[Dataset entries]
□ □ □

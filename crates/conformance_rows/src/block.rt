//! The lines of a file, and which of them belong together.
use crate::RowError;
use std::alloc::Global;

/// A line without the white space at its ends, or several that were folded by backslashes.
#[derive(Debug, Drop)]
pub struct Line {
    /// Its place in the file, counted from 1.
    pub number: usize,
    /// What it says.
    pub text: String,
}

/// A line that is not indented, and the indented lines below it: a row, or the head and the lines of a script.
#[derive(Debug, Drop)]
pub struct Block {
    /// The row, or the script's head.
    pub head: Line,
    /// The lines of the script.
    pub lines: Vec<Line>,
}

// What is read of a file.
#[derive(Drop)]
struct Reader {
    blocks: Vec<Block>,
    // whether the last line goes on
    is_open: bool,
}

/// The blocks of a file's text. Comments and blank lines are left out.
pub fn blocks(alloc: Global, text: &str) -> Result<Vec<Block>, RowError> {
    let mut reader = Reader {
        blocks: Vec::new(alloc),
        is_open: false,
    };
    let mut number = 0usize;
    for line in text.lines() {
        number = number.saturating_add(1);
        reader.read(alloc, number, line)?;
    }
    Ok(reader.blocks)
}

// The line that the last one goes on in.
fn last_text(block: &mut Block) -> &mut String {
    match block.lines.last_mut() {
        Some(line) => &mut line.text,
        None => &mut block.head.text,
    }
}

impl Reader {
    fn read(&mut self, alloc: Global, number: usize, line: &str) -> Result<(), RowError> {
        let trimmed = line.trim();
        if !self.is_open && (trimmed.is_empty() || trimmed.starts_with('#')) {
            return Ok(());
        }
        let (text, goes_on) = match trimmed.strip_suffix('\\') {
            Some(text) => (text, true),
            None => (trimmed, false),
        };
        if self.is_open {
            self.go_on(text)?;
        } else {
            self.begin(alloc, number, text, line.starts_with(' '))?;
        }
        self.is_open = goes_on;
        Ok(())
    }

    fn go_on(&mut self, text: &str) -> Result<(), RowError> {
        if let Some(block) = self.blocks.last_mut() {
            last_text(block).push_str(text)?;
        }
        Ok(())
    }

    fn begin(
        &mut self,
        alloc: Global,
        number: usize,
        text: &str,
        is_indented: bool,
    ) -> Result<(), RowError> {
        let line = Line {
            number,
            text: String::from_str(alloc, text)?,
        };
        match self.blocks.last_mut() {
            Some(block) if is_indented => block.lines.push(line)?,
            _ => self.blocks.push(Block {
                head: line,
                lines: Vec::new(alloc),
            })?,
        }
        Ok(())
    }
}
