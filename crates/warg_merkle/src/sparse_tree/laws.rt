//! What the form of a map that keeps a node only where ways part has for a root.

ghost use Rattle.std.specs.Prelude.{◌≡◌, ℕ};
ghost use Rattle.sha2.specs.Sha256.{sha256};
ghost use Rattle.warg_merkle.specs.SparseMap.Maps.{map_root};
ghost use Rattle.warg_merkle.specs.SparseTree.Compressed.{Compressed, HasHeight, compressed_root, values_in};

/// The root of a tree that has a node only where two ways part is the root of the whole tree of the map that it holds.
pub fn compressed_maps()
    ensures { (height : ℕ) (tree : Compressed) → HasHeight height tree →
        compressed_root sha256 height tree ≡ map_root sha256 height (values_in tree) }
{}
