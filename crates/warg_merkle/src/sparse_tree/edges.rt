//! Edges of a map's tree: where keys part, and roots above an edge with nothing beside it.

ghost use Rattle.std.specs.Prelude.{◌≡◌, ◌-◌, ◌≤◌, drop, MatchOption};
ghost use Rattle.sha2.specs.Sha256.{sha256};
ghost use Rattle.warg_merkle.specs.SparseTree.Nodes.{empty_roots, way_from};
ghost use Rattle.warg_merkle.specs.SparseTree.Compressed.{root_above};
ghost use Rattle.warg_merkle.specs.SparseTree.Stored.{AreAlike, PartAt};

use crate::map_proof::hash_above;
use crate::sparse_map::is_right;

// The first depth from one on and before another where the keys go different sides.
pub(crate) fn parting(key: &[u8; 32], other: &[u8; 32], depth: usize, end: usize) -> Option<usize>
    requires { end ≤ 256 }
    ensures { MatchOption result (AreAlike depth end key.now other.now)
        (λ at. PartAt depth end key.now other.now at) }
{
    let mut at = depth;
    while at < end {
        if is_right(key, at) != is_right(other, at) {
            return Some(at);
        }
        at += 1;
    }
    None
}

// The root at a depth on the key's way, where this one is at a depth below and nothing is beside the way between.
pub(crate) fn root_above(
    root: [u8; 32],
    key: &[u8; 32],
    from: usize,
    depth: usize,
    empties: &[[u8; 32]],
) -> [u8; 32]
    requires above { depth ≤ from }
    requires in_tree { from ≤ 256 }
    requires empties { empties.now ≡ empty_roots sha256 257 }
    ensures { result ≡
        root_above sha256 (256 - from) (way_from (from - depth) depth key.now) root }
{
    let mut root = root;
    let mut at = from;
    while at > depth {
        at -= 1;
        root = hash_above(key, at, &root, &empties[255 - at]);
    }
    root
}

// The roots of empty subtrees from a height on and below another.
pub(crate) fn row<'a>(empties: &'a [[u8; 32]], low: usize, high: usize) -> &'a [[u8; 32]]
    requires order { low ≤ high }
    requires in_tree { high ≤ 257 }
    requires empties { empties.now ≡ empty_roots sha256 257 }
    ensures { result.now ≡ drop low (empty_roots sha256 high) }
{
    &empties[low..high]
}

□ □ □

List each line of the records that holds the string "crates".

OUTPUT:
filename crates/conformance_rows/src/block.rt
filename crates/warg_merkle/src/sparse_tree/laws.rt
filename crates/warg_merkle/src/sparse_tree/edges.rt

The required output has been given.